* Work instructions *
For each line of the data below that contains "Prelude", return that line.

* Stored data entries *
┄┄┄┄┄┄┄┄┄┄

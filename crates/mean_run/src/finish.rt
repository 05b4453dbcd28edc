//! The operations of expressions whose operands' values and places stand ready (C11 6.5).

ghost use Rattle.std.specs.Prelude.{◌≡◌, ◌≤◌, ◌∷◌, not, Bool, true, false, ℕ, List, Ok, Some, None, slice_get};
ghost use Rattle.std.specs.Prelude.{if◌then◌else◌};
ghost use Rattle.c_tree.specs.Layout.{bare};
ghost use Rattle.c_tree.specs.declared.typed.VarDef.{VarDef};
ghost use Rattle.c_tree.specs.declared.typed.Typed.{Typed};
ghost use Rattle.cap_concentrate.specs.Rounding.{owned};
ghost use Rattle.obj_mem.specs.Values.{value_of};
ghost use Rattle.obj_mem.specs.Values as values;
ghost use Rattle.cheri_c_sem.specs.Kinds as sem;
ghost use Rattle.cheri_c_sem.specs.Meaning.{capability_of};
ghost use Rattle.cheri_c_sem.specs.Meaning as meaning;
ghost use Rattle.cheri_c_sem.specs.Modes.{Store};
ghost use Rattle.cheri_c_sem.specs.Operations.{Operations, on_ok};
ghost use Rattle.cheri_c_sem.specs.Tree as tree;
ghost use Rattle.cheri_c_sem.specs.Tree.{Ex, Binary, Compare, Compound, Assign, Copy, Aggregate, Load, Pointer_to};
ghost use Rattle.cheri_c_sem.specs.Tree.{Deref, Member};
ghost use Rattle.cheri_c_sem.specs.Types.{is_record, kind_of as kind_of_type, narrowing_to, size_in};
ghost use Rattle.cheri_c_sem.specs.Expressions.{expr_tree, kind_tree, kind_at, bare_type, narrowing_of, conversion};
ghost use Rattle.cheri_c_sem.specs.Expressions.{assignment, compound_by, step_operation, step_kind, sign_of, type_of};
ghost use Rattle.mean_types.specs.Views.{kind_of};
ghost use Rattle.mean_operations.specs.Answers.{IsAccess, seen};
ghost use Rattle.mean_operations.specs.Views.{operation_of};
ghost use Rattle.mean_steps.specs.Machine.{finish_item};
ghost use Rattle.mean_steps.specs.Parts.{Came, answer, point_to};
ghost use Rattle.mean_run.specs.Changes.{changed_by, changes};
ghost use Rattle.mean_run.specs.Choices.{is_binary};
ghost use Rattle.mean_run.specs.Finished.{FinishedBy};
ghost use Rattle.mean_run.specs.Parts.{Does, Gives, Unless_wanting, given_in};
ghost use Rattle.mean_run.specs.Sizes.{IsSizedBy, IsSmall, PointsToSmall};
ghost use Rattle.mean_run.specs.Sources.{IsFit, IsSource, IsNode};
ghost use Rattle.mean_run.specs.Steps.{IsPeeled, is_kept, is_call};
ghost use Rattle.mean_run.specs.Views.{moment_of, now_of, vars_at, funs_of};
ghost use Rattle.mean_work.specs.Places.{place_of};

┄┄┄┄┄┄┄┄┄┄

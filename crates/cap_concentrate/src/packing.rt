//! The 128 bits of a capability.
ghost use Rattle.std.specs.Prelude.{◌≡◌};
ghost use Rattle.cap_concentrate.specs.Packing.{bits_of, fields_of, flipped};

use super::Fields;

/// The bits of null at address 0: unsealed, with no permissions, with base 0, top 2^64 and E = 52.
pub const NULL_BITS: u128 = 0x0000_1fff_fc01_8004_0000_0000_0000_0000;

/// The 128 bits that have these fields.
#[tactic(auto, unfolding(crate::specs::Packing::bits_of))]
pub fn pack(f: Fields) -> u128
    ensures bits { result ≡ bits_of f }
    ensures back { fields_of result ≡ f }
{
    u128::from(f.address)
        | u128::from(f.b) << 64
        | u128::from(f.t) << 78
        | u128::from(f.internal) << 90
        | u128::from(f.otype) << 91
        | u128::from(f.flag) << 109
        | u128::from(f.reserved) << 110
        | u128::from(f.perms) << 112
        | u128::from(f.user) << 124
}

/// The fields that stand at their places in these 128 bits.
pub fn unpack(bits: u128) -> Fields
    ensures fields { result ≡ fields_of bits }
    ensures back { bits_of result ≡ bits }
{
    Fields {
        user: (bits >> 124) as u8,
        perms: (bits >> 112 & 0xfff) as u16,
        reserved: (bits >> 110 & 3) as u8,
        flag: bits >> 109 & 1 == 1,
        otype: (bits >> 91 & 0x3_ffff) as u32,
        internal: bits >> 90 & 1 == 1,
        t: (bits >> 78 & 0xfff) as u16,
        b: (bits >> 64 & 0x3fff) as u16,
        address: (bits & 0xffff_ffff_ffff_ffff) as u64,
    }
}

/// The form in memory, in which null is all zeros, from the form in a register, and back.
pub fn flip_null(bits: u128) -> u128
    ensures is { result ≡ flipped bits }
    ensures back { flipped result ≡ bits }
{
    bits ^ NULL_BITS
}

┄┄┄┄┄┄┄┄┄┄

* Task result *
ghost use Rattle.std.specs.Prelude.{◌≡◌, ◌≤◌, ◌∷◌, not, Bool, true, false, ℕ, List, Ok, Some, None, slice_get};
ghost use Rattle.std.specs.Prelude.{if◌then◌else◌};
ghost use Rattle.std.specs.Prelude.{◌≡◌};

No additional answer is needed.